# WHAT IS EXPECTED
Report how many lines of the listing contain the string "expires", with no other words.

╔══

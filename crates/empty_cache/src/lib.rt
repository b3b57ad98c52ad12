// An empty cache in an area: made where any words may lie, and made again where a cache was. ARC's `new` and CAR's call this one with
// the kind 1 and 2. Each part is lent to the crate that it belongs to.
#![tactic(auto)]

ghost use Rattle.std.specs.Prelude.{◌≡◌, ◌/◌};
ghost use Rattle.rules.specs.Car.{new as new_state};
ghost use Rattle.residents.specs.Changes.{made as made_residents};
ghost use Rattle.ghosts.specs.Ghosts.{made as made_ghosts};
ghost use Rattle.lookup.specs.Buckets.{buckets_of, places_of};
ghost use Rattle.lookup.specs.Changes.{made as made_lookup};
ghost use Rattle.area_state.specs.Parts.{set_residents, set_ghosts, set_lookup};
ghost use Rattle.area_state.specs.Changes.{made as made_parts};
ghost use Rattle.area.specs.Area.{residents_in, ghosts_in, lookup_in, parts_of, Became};
ghost use Rattle.area.specs.Stored.{Stored, Left};
ghost use Rattle.empty_cache.specs.Fresh.{Fits, headed, Empty, New};

use refusals::Refusal;
use rules::Side;

// No residents: the free slots are 0, 1, 2 and so on.
fn make_residents(area: &mut [u64], c: usize)
    requires { Fits c area.old }
    ensures { Became c area.old area.new (set_residents (made_residents c (residents_in c area.old)) (parts_of c area.old)) }
{
    let b = area::B1_PER_FRAME * c + area::B1_BASE;
    residents::make(&mut area[area::HEADER..b], c);
}

// No ghosts of a side.
fn make_ghosts(area: &mut [u64], c: usize, s: Side)
    requires { Fits c area.old }
    ensures { Became c area.old area.new (set_ghosts s (made_ghosts c (ghosts_in s c area.old)) (parts_of c area.old)) }
{
    let a = area::ghosts_at(c, s);
    let b = a + area::GHOSTS_PER_FRAME * c + area::GHOSTS_BASE;
    ghosts::make(&mut area[a..b], c);
}

// A lookup that holds no place.
fn make_lookup(area: &mut [u64], c: usize)
    requires { Fits c area.old }
    ensures { Became c area.old area.new (set_lookup (made_lookup (places_of c) (buckets_of c) (lookup_in c area.old)) (parts_of c area.old)) }
{
    let a = area::LOOKUP_PER_FRAME * c + area::LOOKUP_BASE;
    let b = area::AREA_PER_FRAME * c + area::AREA_BASE;
    let m = 3 * c;
    let k = lookup::buckets_of(c);
    lookup::make(&mut area[a..b], m, k);
}

// All parts of an empty cache, and the target c / 2. Kind and capacity stay.
fn make_parts(area: &mut [u64], c: usize)
    requires { Fits c area.old }
    ensures { Became c area.old area.new (made_parts c (parts_of c area.old)) }
{
    make_residents(area, c);
    make_ghosts(area, c, Side::First);
    make_ghosts(area, c, Side::Second);
    make_lookup(area, c);
    let t = c / 2;
    area::set_target(area, c, t as u64);
}

// The kind and the capacity, and the hint for the lookup's buckets.
fn set_header(area: &mut [u64], kind: u64, c: usize)
    requires { Fits c area.old }
    ensures { area.new ≡ headed kind c area.old }
{
    area[0] = kind;
    area[1] = c as u64;
    let k = lookup::buckets_of(c);
    let inverse = lookup::inverse_of(k);
    area[3] = inverse as u64;
}

// The header, and an empty cache.
fn write(area: &mut [u64], kind: u64, c: usize)
    requires { Fits c area.old }
    ensures { Empty kind c area.old area.new }
{
    set_header(area, kind, c);
    make_parts(area, c);
}

// An empty cache of that kind and of capacity c, whatever the words are; refused are a capacity above 1,024, and then an area of fewer than 24c + 64 words.
pub fn new(area: &mut [u64], kind: u64, c: u64) -> Result<(), Refusal>
    ensures { New kind c area.old area.new result }
{
    if (area::MAX_CAPACITY as u64) < c {
        return Err(Refusal::Capacity);
    }
    let n = c as usize;
    let need = area::AREA_PER_FRAME * n + area::AREA_BASE;
    if area.len() < need {
        return Err(Refusal::Area);
    }
    write(area, kind, n);
    Ok(())
}

// The cache is empty again. Kind and capacity stay.
pub fn clear(area: &mut [u64], c: usize)
    requires { Stored c area.old }
    ensures { Left c area.old area.new (new_state c) }
{
    make_parts(area, c);
}
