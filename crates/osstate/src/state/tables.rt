//! The schedule tables of a core, as its state has them.

ghost use Rattle.std.specs.Prelude.{◌≡◌, ◌<◌, ◌≤◌, ◌^◌, ℕ, IsTrue, IfSome, length, option_copied, suc, sum_by};
ghost use Rattle.std.specs.List.{list_all};
ghost use Rattle.osbase.specs.{declared.references.TableRef.TableRef as TableRefValue, Objects.counter_object, Objects.table_object};
ghost use Rattle.osbase.specs.History.{Noted, TableNext, TableStopped, TableStarted};
ghost use Rattle.osplan.specs.{Clocked.are_clocks_within, Objects.is_own_object, Objects.may_act, Objects.table_actions};
ghost use Rattle.osclock.specs.Clocks.{counts_to_value_in, max_of};
ghost use Rattle.ostable.specs.Tables.{due_tables_in, next_in, status_in, table_in, timed_by};
ghost use Rattle.ostable.specs.Waiting.{are_of_one_counter, are_own, ends_alone, with_next};
ghost use Rattle.osstate.specs.{Readings.table_named, Steps.state_after};

use super::CoreState;
use osbase::{CounterRef, TableRef};
use osplan::{Table, own};
use ostable::{DueTables, TableStatus};

impl<'a, const P: usize, const J: usize, const OUT: usize> CoreState<'a, P, J, OUT> {
    /// One of the core's tables is started: its first period begins after `wait` counts, at most a full turn of its
    /// counter (AUTOSAR SWS OS 4.x, SWS_Os_00278 and SWS_Os_00351).
    pub fn start_table(&mut self, table: TableRef, wait: u32)
        requires own { IsTrue (is_own_object self.old.view.own (table_object table)) }
        requires turn { wait ≤ 1000000001 }
        requires count { self.old.progress.entries < 2 ^ 63 }
        ensures { self.new ≡ state_after (Noted (TableStarted table wait)) self.old }
    {
        self.tables.start(self.core, table, wait);
        self.progress.entries += 1;
    }

    /// One of the core's tables is stopped, or waits no longer (AUTOSAR SWS OS 4.x, SWS_Os_00281).
    pub fn stop_table(&mut self, table: TableRef)
        requires own { IsTrue (is_own_object self.old.view.own (table_object table)) }
        requires count { self.old.progress.entries < 2 ^ 63 }
        ensures { self.new ≡ state_after (Noted (TableStopped table)) self.old }
    {
        self.tables.stop(self.core, table);
        self.progress.entries += 1;
    }

    /// Of two of the core's tables with the same counter, `next` waits for the end of a period of `table` (AUTOSAR SWS
    /// OS 4.x, SWS_Os_00284).
    pub fn set_next_table(&mut self, table: TableRef, next: TableRef)
        requires own { IsTrue (is_own_object self.old.view.own (table_object next)) }
        requires counter { IsTrue (are_of_one_counter self.old.view.own table next) }
        requires count { self.old.progress.entries < 2 ^ 63 }
        ensures { self.new ≡ state_after (Noted (TableNext table next)) self.old }
    {
        self.tables.wait_for(self.core, table, next);
        self.progress.entries += 1;
    }

    /// The core's own schedule table that a script names; `None` for the invalid identifier, and for another core's.
    pub fn table(&self, target: Option<TableRef>) -> Option<&'a Table>
        ensures value { option_copied result ≡ table_named self.now.view.own target }
        ensures within { IsTrue (are_clocks_within self.now.view.own) }
        ensures known { IfSome (option_copied result) (λ table. IsTrue (list_all (may_act self.now.view.own) (table_actions table))) }
    {
        let core = self.core;
        own::table_of(core, target?)
    }

    /// The core's schedule tables, in index order.
    pub fn tables(&self) -> &'a [Table]
        ensures value { result.now ≡ self.now.view.own.tables }
        ensures few { length result.now ≤ 8 }
        ensures within { IsTrue (are_clocks_within self.now.view.own) }
    {
        let core = self.core;
        core.tables.as_slice()
    }

    /// Whether one of the core's tables is stopped, waits or runs (AUTOSAR SWS OS 4.x, SWS_Os_00289 to SWS_Os_00291).
    pub fn table_status(&self, table: TableRef) -> TableStatus
        requires own { IsTrue (is_own_object self.now.view.own (table_object table)) }
        ensures { result ≡ status_in (table_in table self.now.tables) }
    {
        self.tables.status(table)
    }

    /// The table of the core that waits for the end of a period of this one, if any (AUTOSAR SWS OS 4.x, SWS_Os_00284).
    pub fn next_table(&self, table: TableRef) -> Option<TableRef>
        ensures value { result ≡ next_in self.now.view.own table self.now.tables }
        ensures own { IfSome result (λ next. IsTrue (is_own_object self.now.view.own (table_object next))) }
    {
        self.tables.next(self.core, table)
    }

    /// What the tables of one of the core's counters do at its next count, in index order (AUTOSAR SWS OS 4.x, section
    /// 7.3.3).
    pub fn due_tables(&self, counter: CounterRef) -> DueTables
        requires own { IsTrue (is_own_object self.now.view.own (counter_object counter)) }
        ensures value { result.items ≡ due_tables_in self.now.view.own counter self.now.tables }
        ensures own { IsTrue (list_all (are_own self.now.view.own) result.items) }
        ensures ends { IsTrue (list_all (ends_alone self.now.view.own) result.items) }
        ensures few { length result.items ≤ length (timed_by self.now.view.own counter) }
        ensures once { (f : TableRefValue → ℕ) → sum_by (with_next f) result.items ≤ sum_by f (timed_by self.now.view.own counter) }
    {
        self.tables.due_next(self.core, counter)
    }

    /// After how many counts one of the core's counters has the value `start`. If the counter has it now, a full turn
    /// (AUTOSAR SWS OS 4.x, SWS_Os_00351).
    pub fn counts_to_value(&self, counter: CounterRef, start: u32) -> u32
        requires own { IsTrue (is_own_object self.now.view.own (counter_object counter)) }
        requires turn { start ≤ max_of self.now.view.own counter }
        ensures value { result ≡ counts_to_value_in counter start self.now.clocks }
        ensures within { result ≤ suc (max_of self.now.view.own counter) }
    {
        self.clocks.counts_to_value(self.core, counter, start)
    }
}
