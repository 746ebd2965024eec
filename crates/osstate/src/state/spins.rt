//! The spinlocks that a core got, as its state has them.

ghost use Rattle.std.specs.Prelude.{◌≡◌, IfSome, IsTrue, length, nat_lt};
ghost use Rattle.osbase.specs.Spins.{has_spinlock, is_owing, newest_of, newest_owed};
ghost use Rattle.osplan.specs.Spinlocks.{comes_after};
ghost use Rattle.osgot.specs.Grants.{is_held_by};
ghost use Rattle.osprogress.specs.Border.{is_lock_known};

use super::CoreState;
use osbase::{Runner, SpinlockId};
use osplan::order_ok;

impl<'a, const P: usize, const J: usize, const OUT: usize> CoreState<'a, P, J, OUT> {
    /// Whether a spinlock of this index is configured.
    pub fn knows_spinlock(&self, lock: SpinlockId) -> bool
        ensures value { result ≡ nat_lt lock.index (length self.now.view.around.links) }
        ensures lock { IsTrue result → IsTrue (is_lock_known lock) }
    {
        usize::from(lock.index) < self.config.plan().spinlocks.len()
    }

    /// Whether `lock` comes after `newest` in the configured order, so that a job whose newest spinlock is `newest` may
    /// ask for `lock` (AUTOSAR SWS OS 4.x, SWS_Os_00661).
    pub fn comes_after(&self, newest: SpinlockId, lock: SpinlockId) -> bool
        ensures { result ≡ comes_after self.now.view.around.links (length self.now.view.around.links) newest lock }
    {
        order_ok(self.config, newest, lock)
    }

    /// Whether the core got the spinlock and did not give it back (AUTOSAR SWS OS 4.x, GetSpinlock).
    pub fn has_spinlock(&self, lock: SpinlockId) -> bool
        ensures { result ≡ has_spinlock lock self.now.border.spins }
    {
        self.border.spins.has(lock)
    }

    /// Whether the job of one of the core's tasks or ISRs has the spinlock (AUTOSAR SWS OS 4.x, ReleaseSpinlock).
    pub fn holds_spinlock(&self, runner: Runner, lock: SpinlockId) -> bool
        ensures { result ≡ is_held_by runner lock self.now.border.spins }
    {
        self.border.spins.is_held(runner, lock)
    }

    /// The newest spinlock that the job of one of the core's tasks or ISRs has, if any (AUTOSAR SWS OS 4.x,
    /// ReleaseSpinlock).
    pub fn newest_spinlock(&self, runner: Runner) -> Option<SpinlockId>
        ensures { result ≡ newest_of runner self.now.border.spins }
    {
        self.border.spins.newest_of(runner)
    }

    /// The newest of the spinlocks whose release is owed, which is given back next; none if no release is owed.
    pub fn owed_spinlock(&self) -> Option<SpinlockId>
        ensures value { result ≡ newest_owed self.now.border.spins }
        ensures lock { IfSome result (λ lock. IsTrue (is_lock_known lock)) }
    {
        self.border.spins.newest_owed()
    }

    /// Whether the release of any spinlock is owed.
    pub fn is_owing(&self) -> bool
        ensures { result ≡ is_owing self.now.border.spins }
    {
        self.border.spins.is_owing()
    }
}
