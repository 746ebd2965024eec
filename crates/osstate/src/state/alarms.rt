//! The counters and the alarms of a core, as its state has them.

ghost use Rattle.std.specs.Prelude.{◌≡◌, ◌<◌, ◌≤◌, ◌^◌, IsTrue, length, option_copied, option_map, Some, suc};
ghost use Rattle.std.specs.List.{list_all};
ghost use Rattle.osbase.specs.{declared.references.AlarmRef.AlarmRef as AlarmRefValue, Objects.alarm_object, Objects.counter_object};
ghost use Rattle.osbase.specs.History.{Noted, AlarmCancelled, AlarmSet, CounterIncremented};
ghost use Rattle.osplan.specs.{Clocked.are_clocks_within, Objects.is_own_object, Objects.may_act, declared.plans.Alarm.Alarm as AlarmValue, View.own_alarm};
ghost use Rattle.osclock.specs.Clocks.{alarm_in, attached_to, counter_in, counts_to_in, due_in, is_used, left_in, max_for};
ghost use Rattle.osstate.specs.{Readings.alarm_named, Readings.counter_named, Steps.state_after};

use super::CoreState;
use osbase::{AlarmRef, CounterRef, RemoteCall};
use osclock::AlarmList;
use osplan::{Alarm, Counter, own};

impl<'a, const P: usize, const J: usize, const OUT: usize> CoreState<'a, P, J, OUT> {
    /// One of the core's counters is incremented, and its alarms and schedule tables advance by one count (OSEK/VDX OS
    /// 2.2.3, section 9.1 and 9.2; AUTOSAR SWS OS 4.x, section 7.3).
    pub fn count(&mut self, counter: CounterRef)
        requires own { IsTrue (is_own_object self.old.view.own (counter_object counter)) }
        requires count { self.old.progress.entries < 2 ^ 63 }
        ensures { self.new ≡ state_after (Noted (CounterIncremented counter)) self.old }
    {
        self.clocks.count(self.core, counter);
        self.tables.count(self.core, counter);
        self.progress.entries += 1;
    }

    /// One of the core's alarms is set to expire after `first` counts of its counter, at least 1 and at most a full
    /// turn. It expires again after each cycle, unless the cycle is 0 (OSEK/VDX OS 2.2.3, section 13.6.3.3 and
    /// 13.6.3.4).
    pub fn set_alarm(&mut self, alarm: AlarmRef, first: u32, cycle: u32)
        requires own { IsTrue (is_own_object self.old.view.own (alarm_object alarm)) }
        requires later { 0 < first }
        requires turn { first ≤ suc (max_for self.old.view.own alarm) }
        requires cycle { cycle ≤ max_for self.old.view.own alarm }
        requires count { self.old.progress.entries < 2 ^ 63 }
        ensures { self.new ≡ state_after (Noted (AlarmSet alarm first cycle)) self.old }
    {
        self.clocks.set_alarm(self.core, alarm, first, cycle);
        self.progress.entries += 1;
    }

    /// One of the core's alarms is not in use any longer (OSEK/VDX OS 2.2.3, section 13.6.3.5).
    pub fn cancel_alarm(&mut self, alarm: AlarmRef)
        requires own { IsTrue (is_own_object self.old.view.own (alarm_object alarm)) }
        requires count { self.old.progress.entries < 2 ^ 63 }
        ensures { self.new ≡ state_after (Noted (AlarmCancelled alarm)) self.old }
    {
        self.clocks.cancel_alarm(self.core, alarm);
        self.progress.entries += 1;
    }

    /// The core's own counter that a script names; `None` for the invalid identifier and for a counter of another core.
    pub fn counter(&self, target: Option<CounterRef>) -> Option<&'a Counter>
        ensures value { option_copied result ≡ counter_named self.now.view.own target }
        ensures within { IsTrue (are_clocks_within self.now.view.own) }
    {
        let core = self.core;
        own::counter_of(core, target?)
    }

    /// The core's own alarm that a script names; `None` for the invalid identifier and for an alarm of another core.
    pub fn alarm(&self, target: Option<AlarmRef>) -> Option<&'a Alarm>
        ensures { option_copied result ≡ alarm_named self.now.view.own target }
    {
        let core = self.core;
        own::alarm_of(core, target?)
    }

    /// The core's counters, in index order.
    pub fn counters(&self) -> &'a [Counter]
        ensures value { result.now ≡ self.now.view.own.counters }
        ensures few { length result.now ≤ 8 }
        ensures within { IsTrue (are_clocks_within self.now.view.own) }
    {
        let core = self.core;
        core.counters.as_slice()
    }

    /// The core's alarms, in index order.
    pub fn alarms(&self) -> &'a [Alarm]
        ensures value { result.now ≡ self.now.view.own.alarms }
        ensures few { length result.now ≤ 32 }
        ensures within { IsTrue (are_clocks_within self.now.view.own) }
    {
        let core = self.core;
        core.alarms.as_slice()
    }

    /// The value of one of the core's counters (OSEK/VDX OS 2.2.3, section 9.1).
    pub fn counter_value(&self, counter: CounterRef) -> u32
        requires own { IsTrue (is_own_object self.now.view.own (counter_object counter)) }
        ensures { result ≡ (counter_in counter self.now.clocks).value }
    {
        self.clocks.value(counter)
    }

    /// Whether one of the core's alarms is in use (OSEK/VDX OS 2.2.3, section 9.2).
    pub fn is_alarm_in_use(&self, alarm: AlarmRef) -> bool
        requires own { IsTrue (is_own_object self.now.view.own (alarm_object alarm)) }
        ensures { result ≡ is_used (alarm_in alarm self.now.clocks) }
    {
        self.clocks.is_in_use(alarm)
    }

    /// How many counts are left until one of the core's alarms expires; none for an alarm that is not in use (OSEK/VDX
    /// OS 2.2.3, section 13.6.3.2).
    pub fn counts_left(&self, alarm: AlarmRef) -> Option<u32>
        requires own { IsTrue (is_own_object self.now.view.own (alarm_object alarm)) }
        ensures { result ≡ left_in self.now.view.own alarm self.now.clocks }
    {
        self.clocks.left(self.core, alarm)
    }

    /// After how many counts the counter of one of the core's alarms has the value `start`. If the counter has it now,
    /// a full turn (OSEK/VDX OS 2.2.3, section 13.6.3.4).
    pub fn counts_to(&self, alarm: AlarmRef, start: u32) -> u32
        requires own { IsTrue (is_own_object self.now.view.own (alarm_object alarm)) }
        requires turn { start ≤ max_for self.now.view.own alarm }
        ensures value { result ≡ counts_to_in self.now.view.own alarm start self.now.clocks }
        ensures later { 0 < result }
        ensures within { result ≤ suc (max_for self.now.view.own alarm) }
    {
        self.clocks.counts_to(self.core, alarm, start)
    }

    /// What one of the core's alarms does when it expires (AUTOSAR SWS OS 4.x, OsAlarmAction).
    pub fn alarm_action(&self, alarm: AlarmRef) -> RemoteCall
        requires own { IsTrue (is_own_object self.now.view.own (alarm_object alarm)) }
        ensures value { option_map (λ (x : AlarmValue). x.action) (own_alarm self.now.view.own alarm) ≡ Some result }
        ensures known { IsTrue (may_act self.now.view.own result) }
    {
        match own::alarm_of(self.core, alarm) {
            Some(own) => own.action,
            None => unreachable!(),
        }
    }

    /// The alarms of one of the core's counters that expire at its next count, in index order (OSEK/VDX OS 2.2.3,
    /// section 9.2).
    pub fn due_next(&self, counter: CounterRef) -> AlarmList
        requires own { IsTrue (is_own_object self.now.view.own (counter_object counter)) }
        ensures value { result.items ≡ due_in self.now.view.own counter self.now.clocks }
        ensures own { IsTrue (list_all (λ (a : AlarmRefValue). is_own_object self.now.view.own (alarm_object a)) result.items) }
        ensures few { length result.items ≤ length (attached_to self.now.view.own counter) }
    {
        self.clocks.due_next(self.core, counter)
    }
}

╚══

# WORKED SOLUTION
3